======== RECORDS PROVIDED

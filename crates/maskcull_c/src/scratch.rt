//! Clip points in the caller's memory, each in the room of a position.
ghost use Rattle.std.specs.Prelude.{◌≡◌};
ghost use Rattle.maskcull_c.specs.Lenses.{held_in};

use exact_clip::Held;

/// Room for the clip point of a position. It may hold any numbers: it is written before it is read.
#[derive(Clone, Copy)]
#[repr(C)]
pub struct Scratch {
    pub held: [i64; 3],
    pub state: [u32; 2],
}

impl Scratch {
    /// A clip point, or that there is none.
    #[inline(always)]
    pub(crate) fn of(point: Option<Held>) -> Scratch
        ensures { held_in result ≡ point }
    {
        match point {
            Some(v) => Scratch {
                held: [v.x, v.y, v.w],
                state: [1, 0],
            },
            None => Scratch {
                held: [0, 0, 0],
                state: [0, 0],
            },
        }
    }

    /// What was written.
    #[inline(always)]
    pub(crate) fn point(&self) -> Option<Held>
        ensures { result ≡ held_in self.now }
    {
        if self.state[0] == 0 {
            return None;
        }
        Some(Held {
            x: self.held[0],
            y: self.held[1],
            w: self.held[2],
        })
    }
}
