//! Occluder triangles, set up once: their pieces are written into room of the caller's.
ghost use Rattle.std.specs.Prelude.{◌≡◌, ◌≢◌, ◌+◌, ◌≤◌, length, map};
ghost use Rattle.std.specs.List.{All};
ghost use Rattle.cull_base.specs.Grade.{top_of};
ghost use Rattle.snap_setup.specs.Pieces.{list_of_clips};
ghost use Rattle.maskcull_c.specs.Given.{IsAmong, IsSetup, clip_of, pieces_drawn, tri_of};
ghost use Rattle.maskcull_c.specs.Pieces.{AreListed, HasRoom};
ghost use Rattle.maskcull_c.specs.declared.status.TheConstants.{DONE, BAD_SETUP, BAD_INDEX, BAD_ROOM};

use crate::given::{Setup, Triangle, Vertex, are_among, clips_of};
use crate::pieces::PieceRoom;
use crate::status::{BAD_INDEX, BAD_ROOM, BAD_SETUP, DONE};
use cull_base::{Grade, Side, Size, Winding};
use snap_setup::{Pieces, set_up};

// Writes pieces from one place on, and tells the place after them.
#[inline(always)]
fn put_pieces(rooms: &mut [PieceRoom], at: usize, pieces: &Pieces) -> usize
    requires { at + length pieces.now ≤ length rooms.old }
    ensures next { result ≡ at + length pieces.now }
    ensures listed { AreListed at pieces.now rooms.old rooms.new }
{
    for k in 0..pieces.len() {
        rooms[at + k as usize] = PieceRoom::of(&pieces.get(k));
    }
    at + pieces.len() as usize
}

// Writes the pieces of triangles, one triangle after another, and tells how many there are.
fn list_triangles(
    rooms: &mut [PieceRoom],
    vertices: &[Vertex],
    triangles: &[Triangle],
    near: u16,
    size: Size,
    winding: Winding,
    grade: Grade,
) -> usize
    requires near_least { 1 ≤ near }
    requires near_most { near ≤ 1024 }
    requires indices { All (IsAmong (length vertices.now)) triangles.now }
    requires room { HasRoom triangles.now rooms.old }
    ensures count { result ≡ length
        (list_of_clips (map clip_of vertices.now) (map tri_of triangles.now) (top_of grade) near size winding) }
    ensures listed { AreListed 0
        (list_of_clips (map clip_of vertices.now) (map tri_of triangles.now) (top_of grade) near size winding)
        rooms.old rooms.new }
{
    let mut at = 0;
    for triangle in triangles {
        let clips = clips_of(vertices, triangle);
        let pieces = set_up(&clips, near, size, winding, Side::Occluder, grade);
        at = put_pieces(rooms, at, &pieces);
    }
    at
}

/// Writes the pieces of triangles, in order, to the head of the room, and how many there are: 0 where all were written,
/// else why none was. There has to be room for two a triangle.
#[unsafe(no_mangle)]
pub extern "C" fn maskcull_set_up(
    setup: &Setup,
    vertices: &[Vertex],
    triangles: &[Triangle],
    pieces: &mut [PieceRoom],
    count: &mut usize,
) -> u32
    ensures listed { result ≡ DONE
        → AreListed 0 (pieces_drawn setup.now vertices.now triangles.now) pieces.old pieces.new }
    ensures count { result ≡ DONE → count.new ≡ length (pieces_drawn setup.now vertices.now triangles.now) }
    ensures accepted { IsSetup setup.now → HasRoom triangles.now pieces.old
        → All (IsAmong (length vertices.now)) triangles.now → result ≡ DONE }
    ensures bad_setup { result ≡ BAD_SETUP → IsSetup setup.now → ⊥ }
    ensures bad_room { result ≡ BAD_ROOM → HasRoom triangles.now pieces.old → ⊥ }
    ensures bad_index { result ≡ BAD_INDEX → All (IsAmong (length vertices.now)) triangles.now → ⊥ }
    ensures refuses_setup { (IsSetup setup.now → ⊥) → result ≡ BAD_SETUP }
    ensures refuses_room { IsSetup setup.now → (HasRoom triangles.now pieces.old → ⊥) → result ≡ BAD_ROOM }
    ensures refuses_index { IsSetup setup.now → HasRoom triangles.now pieces.old
        → (All (IsAmong (length vertices.now)) triangles.now → ⊥) → result ≡ BAD_INDEX }
    ensures most { result ≤ BAD_ROOM }
    ensures refused { result ≢ DONE → (pieces.new ≡ pieces.old) × (count.new ≡ count.old) }
{
    let Some(checked) = setup.checked() else {
        return BAD_SETUP;
    };
    if pieces.len() / 2 < triangles.len() {
        return BAD_ROOM;
    }
    if !are_among(triangles, vertices.len()) {
        return BAD_INDEX;
    }
    *count = list_triangles(
        pieces,
        vertices,
        triangles,
        checked.near,
        checked.size,
        checked.winding,
        checked.grade,
    );
    DONE
}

================

__TASK INSTRUCTIONS__:
In the answer, please give only the lines from the line containing "if !are_among(triangles, vertices.len())" through the final line of the data, copied exactly.

__EXERCISE RESPONSE__:
    if !are_among(triangles, vertices.len()) {
        return BAD_INDEX;
    }
    *count = list_triangles(
        pieces,
        vertices,
        triangles,
        checked.near,
        checked.size,
        checked.winding,
        checked.grade,
    );
    DONE
}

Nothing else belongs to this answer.